Aww thank you! Of course I can.. take your time.


----------



## EthanQ (Sep 5, 2011)

uummm...lyrics to songs maybe? I'll let you pick


----------



## sommsama09 (Oct 28, 2010)

Oh here are my photos :wink: He is not mine, he belongs to the place i ride at, and his name is Pepe.


----------



## HorseGirlFive (Jun 12, 2012)

I didn't know if you like the songs I like so I just put two country ones on and for one of the pics I didn't put any lyrics. I really hope you like them!


----------



## HorseGirlFive (Jun 12, 2012)

Here ya go! Pepe is so handsome.


----------



## lh4e (Aug 24, 2012)

this is Kim 

(sorry for that one)

http://sphotos-g.ak.fbcdn.net/hphotos-ak-snc6/196585_498265803519586_104935511_n.jpg



and here's a nother one


----------



## HorseGirlFive (Jun 12, 2012)

Done!  Kim is beautiful!


----------



## EthanQ (Sep 5, 2011)

Oh my gooshhhh! They are great! do you minhd if i put them on my horses' profiles?


----------



## sommsama09 (Oct 28, 2010)

Wow thanks so much, these are great! Haha his owners say the same thing, hes a bit of a poser - I like him. Not bad for a rescued (by his owners)OTTB whos teaching me to regain my confidence. :smile:


----------



## HorseGirlFive (Jun 12, 2012)

sommsama09 said:


> Wow thanks so much, these are great! Haha his owners say the same thing, hes a bit of a poser - I like him. Not bad for a rescued (by his owners)OTTB whos teaching me to regain my confidence. :smile:


-No problem, I'm glad you like them! He seems like such a sweet horse. There are a bunch of OTTB's at my Aunt's rescue (where I try to spend most of my time.) 



EthanQ said:


> Oh my gooshhhh! They are great! do you minhd if i put them on my horses' profiles?
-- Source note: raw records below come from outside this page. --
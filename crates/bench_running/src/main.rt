//! Measures runs and printing, by the first word of the command line: `print LINES` prints answer lines; `count`, `deep`,
//! `reverse` and `digits` run so far by the plain executor. Without words it prints two lines and the answers of two digits.
#![tactic(auto)]

mod plain;
mod printing;
mod procedures;

use std::{env, io};

fn measure(rt: &HostRuntime, words: &[String]) -> io::Result<()> {
    let number = match words.get(2) {
        Some(text) => text.as_str().parse::<i64>().unwrap_or(0),
        None => 0,
    };
    match words.get(1) {
        None => small(rt),
        Some(word) => {
            if word.as_str() == "print" {
                return printing::print_lines(rt, number);
            }
            plain::print_answers(rt, word.as_str(), number)
        }
    }
}

/// Each measurement once, small.
fn small(rt: &HostRuntime) -> io::Result<()> {
    plain::print_answers(rt, "digits", 2)?;
    printing::print_lines(rt, 2)
}

fn main(rt: HostRuntime) -> io::Result<()> {
    let words = env::args(&rt)?.collect::<Vec<String>>(rt.alloc())?;
    measure(&rt, words.as_slice())
}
Thank you!! Nope, I don't mind.. go ahead!


----------



## FutureRN (Aug 8, 2012)

Love the "Time is love gotta run." 
_Posted via Mobile Device_


----------



## HorseLovinLady (Jul 18, 2011)

Please edit this pic, my request is simple can you remove the horse in the background and the feeder? Also write Bonnie on the pic? Thanks in advance!


----------



## HorseGirlFive (Jun 12, 2012)

I tried my best to crop the horse out.. but you can still see some parts.. hope you like it still!


----------



## HorseLovinLady (Jul 18, 2011)

Love it thanks!
_Posted via Mobile Device_


----------



## HorseLovinLady (Jul 18, 2011)

Going to request one more pic edit please. This is Tequila, i'd like Tequila aka the brat wrote on the pic and something in purple please. Thanks again!


----------



## HorseGirlFive (Jun 12, 2012)

Aww.. Tequila is a cutie..


----------



## MLShunterjumper (Mar 17, 2012)

Here's mine... this is Amigo.


----------



## HorseGirlFive (Jun 12, 2012)

Here it is.. Amigo is so pretty!


----------



## HorseLovinLady (Jul 18, 2011)

Thanks I love it! Don't let her sweet face fool you she can be a brat at times lol.


----------



## HorseGirlFive (Jun 12, 2012)

HorseLovinLady said:


> Thanks I love it! Don't let her sweet face fool you she can be a brat at times lol.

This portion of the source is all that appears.